WHAT YOU HAVE TO DO »
Read through the listing below and copy each line in which the word "source" occurs.

EXERCISE DATA »
#####
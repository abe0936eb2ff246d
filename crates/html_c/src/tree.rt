//! What an input is parsed as, and the rows of its tree.

ghost use Rattle.std.specs.Prelude.{MatchResult};
ghost use Rattle.html_c.specs.Vocabulary.{GivesNoRows, GivesNothing, GivesRows, HasSettings, GivesParse, parsed_rows, parsed_words};

use crate::answer::Given;
use crate::fault::CallFault;
use crate::given::Settings;
use crate::input::Input;
use crate::rows::Rows;
use hparse::{Parsed, parse_reader};
use hwrite::parser;
use std::alloc::Global;

/// The tree of an input, with its rows and its words counted.
pub(crate) fn rows_of(alloc: Global, input: &[u8], given: &Given) -> Result<Rows, CallFault>
    ensures { MatchResult result (λ rows. GivesRows input.now given.now (parsed_rows rows.parsed) (parsed_words rows.parsed))
        (GivesNothing given.now.size (GivesNoRows input.now given.now)) }
{
    let settings = given.settings(input)?;
    let parsed = parse_of(alloc, input, given, &settings, false)?;
    Ok(Rows::of(parsed)?)
}

/// What an input is parsed as, with the places of its nodes where they are asked for.
pub(crate) fn parse_of(
    alloc: Global,
    input: &[u8],
    given: &Given,
    settings: &Settings,
    places: bool,
) -> Result<Parsed, CallFault>
    requires { HasSettings given.now settings.now }
    ensures { MatchResult result (GivesParse input.now given.now places) (GivesNoRows input.now given.now) }
{
    let lists = given.lists(alloc, input)?;
    let options = given.options(&lists, places);
    let parser = parser(alloc, settings.context, &options)?;
    let mut source = Input { rest: input };
    Ok(parse_reader(alloc, parser, settings.piece, &mut source)?)
}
#####
REPLY »
    let mut source = Input { rest: input };
    Ok(parse_reader(alloc, parser, settings.piece, &mut source)?)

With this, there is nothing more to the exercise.